Jakimi dziećmi byliście?

Ja pamiętam stylonowe bluzy u chłopaków i takie same fartuchy u dziewczyn w podstawówce.
Obowiązkowo przyszyta tarcza, bo jak była na szpilkę to wywalali z lekcji.
Spacery na przerwie wokół korytarza, a jak cię wypchnęli na środek to dostawałeś wskaźnikiem po nogach :wink:

6 polubień

Nie bujasz @anon75849589 przypadkiem. Hę? :wink:

2 polubienia

Energicznym i psotnym

1 polubienie

Nieśmiałym :stuck_out_tongue:

Spokojnym i grzecznym… zawsze z książką. Czytać biegle umiałam w wieku 4 lat i kochałam to. Zresztą zostało mi to do dziś. W szkole przez pierwsze lata najlepsza uczennica, przewodnicząca, potem doszły przedmioty których nie umialam ,nie rozumiałam, nie lubiłam i przestałam lubić szkołę.

2 polubienia

Niemożliwe??? Nie wierzę :slight_smile:

1 polubienie

O jejku jejku jejku jej…
Nie takim jak trzeba
Juz po urodzeniu okazalo sie ze nie jestem oczekiwanym chlopcem
A potem “dokuczalam” doroslym zadajac klopotliwe pytania, zwlaszcza z religii
I okropnie nudzilam sie w pierwszej klasie- Dlatego wyslali mnie do cioci na Slask, potem do “sanatorium”, ale przejsc do trzeciej klasy nie pozwolili

2 polubienia

Jak to jakim byłem? Ja jeszcze nim jestem.
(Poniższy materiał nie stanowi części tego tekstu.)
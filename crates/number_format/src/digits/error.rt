//! The error of digit options.

/// What is wrong with digit options.
#[derive(Clone, Copy, Debug, PartialEq, Eq)]
pub enum DigitOptionsError {
    /// The numbers of integer digits are out of range, or the least is above the greatest.
    IntegerDigits,
    /// The increment is none of the fifteen.
    Increment,
    /// The numbers of significant digits are out of range, or the least is above the greatest.
    SignificantDigits,
    /// The numbers of fraction digits are out of range, or the least is above the greatest.
    FractionDigits,
    /// An increment and a precision other than fraction digits; ECMA-402 throws a `TypeError` and no `RangeError`.
    IncrementPrecision,
    /// An increment, and a least number of fraction digits that is not the greatest.
    IncrementDigits,
}
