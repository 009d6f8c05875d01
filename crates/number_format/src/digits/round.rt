//! Rounds a decimal to the digits that options show.
ghost use Rattle.std.specs.Prelude.{◌≡◌, ◌+◌, ◌%◌, ◌≤◌, pos, IfErr, IsErrOf, OnOk, MatchResult};
ghost use Rattle.decimal_digits.specs.{Number.{weight, size}, Rounding.unit_at};
ghost use Rattle.decimal_unsigned.specs.Rounded.{ChangesInPlace};
ghost use Rattle.number_format.specs.ShownDigits.{base_of, rounded_with, rounded_whole, stripped, shown, shown_whole, NeedsMemory, IsApplied, ApplyFails, IsRoundedAt, RoundingFailsAt};

use crate::digits::options::{DigitOptions, TrailingZeros};
use fixed_decimal::{DigitStore, RoundError, Signed, Steps, UnsignedOver};

impl DigitOptions {
    /// Returns the position at which [`apply`](Self::apply) rounds: the unit is the increment times its power of ten.
    pub fn position_of<D: DigitStore>(&self, value: &Signed<UnsignedOver<D>>) -> i16
        ensures unit { (rounded_with self.now 0 value.now).unit ≡ unit_at (base_of self.now.precision) result }
    {
        let first = value.absolute.nonzero_magnitude_start();
        match self.precision.position_at(0, first) {
            Ok(position) => position,
            Err(_) => 32767,
        }
    }

    /// Rounds a decimal, and shows the digits of the rounded number that the options show.
    ///
    /// `FormatNumericToString` of ECMA-402, on a number of any length. The sign is kept, and the zeros that the value
    /// showed before have no effect: by 1 to 3 significant digits, `0012345.60` becomes `12300`.
    ///
    /// # Errors
    ///
    /// The value is then unchanged:
    ///
    /// - `Limit`: the rounded number is 10^32768 or more.
    /// - `Memory`: out of memory for one digit more, only by 25, 250 or 2500, and only if the number has at least `L`
    ///   digits.
    pub fn apply<D: DigitStore>(
        &self,
        value: &mut Signed<UnsignedOver<D>>,
    ) -> Result<(), RoundError>
        ensures applies { ChangesInPlace (λ v. IsApplied self.now value.old v)
            (λ e. ApplyFails D.L e self.now value.old) value.old value.new result }
    {
        self.apply_counted(value, &mut Steps::new())
    }

    #[tactic(auto, using(crate::proofs::lemmas::digits::Applied::apply_fails))]
    fn apply_counted<D: DigitStore>(
        &self,
        value: &mut Signed<UnsignedOver<D>>,
        steps: &mut Steps,
    ) -> Result<(), RoundError>
        ensures applies { ChangesInPlace (λ v. IsApplied self.now value.old v)
            (λ e. ApplyFails D.L e self.now value.old) value.old value.new result }
        ensures accesses { (IsErrOf result RoundError.Limit → ⊥)
            → steps.new.count + size value.new.absolute.number
            ≤ steps.old.count + size value.old.absolute.number + 7 }
        ensures limit_accesses { IsErrOf result RoundError.Limit
            → steps.new.count ≤ steps.old.count + size value.old.absolute.number + 7 }
        ensures count_nondecreasing { steps.old.count ≤ steps.new.count }
    {
        let last = self.round_at(value, 0, steps)?;
        self.cut_and_pad(&mut value.absolute, last);
        Ok(())
    }

    #[inline(always)]
    pub(crate) fn round_at<D: DigitStore>(
        &self,
        value: &mut Signed<UnsignedOver<D>>,
        exponent: u16,
        steps: &mut Steps,
    ) -> Result<i32, RoundError>
        ensures rounds { MatchResult result (λ last. IsRoundedAt self.now exponent value.old value.new last)
            (λ e. RoundingFailsAt D.L e self.now exponent value.old × (value.new ≡ value.old)) }
        ensures accesses { (IsErrOf result RoundError.Limit → ⊥)
            → steps.new.count + size value.new.absolute.number
            ≤ steps.old.count + size value.old.absolute.number + 7 }
        ensures limit_accesses { IsErrOf result RoundError.Limit
            → steps.new.count ≤ steps.old.count + size value.old.absolute.number + 7 }
        ensures count_nondecreasing { steps.old.count ≤ steps.new.count }
    {
        let before = value.absolute.nonzero_magnitude_start();
        let position = self.precision.position_at(exponent, before)?;
        if let Err(error) = value.round_counted(position, self.mode, self.precision.base(), steps) {
            return Err(error);
        }
        let after = value.absolute.nonzero_magnitude_start();
        Ok(self.precision.last_shown(exponent, before, after))
    }

    fn cut_integer_digits<D: DigitStore>(&self, value: &mut UnsignedOver<D>)
        ensures number { value.new.number ≡ value.old.number % weight (pos self.now.integer.max) }
        ensures size { size value.new.number ≤ size value.old.number }
    {
        // Proof hint: the value satisfies its invariant.
        let _range = value.magnitude_range();
        if self.integer.max == 32768 {
            return;
        }
        value.set_max_position(self.integer.max as i16);
    }

    #[inline(always)]
    pub(crate) fn cut_and_pad<D: DigitStore>(&self, value: &mut UnsignedOver<D>, last: i32)
        ensures value { value.new ≡ shown self.now value.old.number last }
        ensures size { size value.new.number ≤ size value.old.number }
    {
        self.cut_integer_digits(value);
        value.pad_start(self.integer.min.max(1) as i16);
        value.pad_end(last.clamp(-32768, 0) as i16);
        self.trailing_zeros.strip(value);
    }

    /// Rounds a decimal as in standard notation, and cuts no integer digit off; beyond a limit the value is unchanged.
    pub(crate) fn round_whole<D: DigitStore>(
        &self,
        value: &mut Signed<UnsignedOver<D>>,
    ) -> Result<(), RoundError>
        ensures ok { OnOk result (value.new.absolute ≡ rounded_whole self.now value.old) }
        ensures err { IfErr result
            (λ e. (e ≡ RoundError.Memory) × NeedsMemory D.L self.now value.old.sign 0 value.old.absolute.number) }
    {
        match self.round_at(value, 0, &mut Steps::new()) {
            Ok(last) => {
                self.pad_whole(&mut value.absolute, last);
                Ok(())
            }
            Err(RoundError::Limit) => Ok(()),
            Err(RoundError::Memory) => Err(RoundError::Memory),
        }
    }

    fn pad_whole<D: DigitStore>(&self, value: &mut UnsignedOver<D>, last: i32)
        ensures { value.new ≡ shown_whole self.now value.old.number last }
    {
        value.pad_start(1);
        value.pad_end(last.clamp(-32768, 0) as i16);
        self.trailing_zeros.strip(value);
    }
}

impl TrailingZeros {
    fn strip<D: DigitStore>(self, value: &mut UnsignedOver<D>)
        ensures { value.new ≡ stripped self value.old }
    {
        if let TrailingZeros::StripIfInteger = self {
            value.trim_end_if_integer();
        }
    }
}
.i długo, długo pozostanę.

3 polubienia

@gra mam w sobie głęboko ukryta nieśmiałość.
O której ja tylko wiem .
Nie cierpię zwracać na siebie uwagi .
Pomimo , że jestem pewna siebie i wygadana.
To cecha o której się nie rozmawia, bo się zakłada z góry, że ja się niczego nie wstydzę.
Ale do końca tak nie jest.
A Ty masz w sobie cechy o które nikt Cię nie podejrzewa?:kissing_heart:

1 polubienie

Chyba tylko takie, o które sama też siebie nie podejrzewam :slight_smile:
Nie lubię narzucać komuś swojego zdania, a w pracy niestety musiałam i do tego musiałam tę swoją niechęć ukrywać.

1 polubienie

Trudna sprawa co?

Zapomniałaś dodać że tanczysz jak zawodowiec, gra! Aż człowiek oczu nie może oderwać :smiling_face_with_three_hearts::smiling_face_with_three_hearts:

3 polubienia

Naprawdę? Kiedyś to tańczyłam… mąż miał wypadek, ma szczęście, że chodzi, więc teraz to już tylko sporadycznie i bez szaleństw :slight_smile:

1 polubienie

Naprawdę. Mąż też mistrz!

2 polubienia

Na początku bardzo trudna. Ale…skoro za coś mam odpowiadać, to musi być “po mojemu” :).

2 polubienia

Dziękujemy :slight_smile:

3 polubienia

Zajebistymi

Ein guter Witz

1 polubienie

W sumie teraz też jestem zaiebistym dzieckiem XD

Ja też. Zawsze lubiłem się bawić zapałkami i nożami.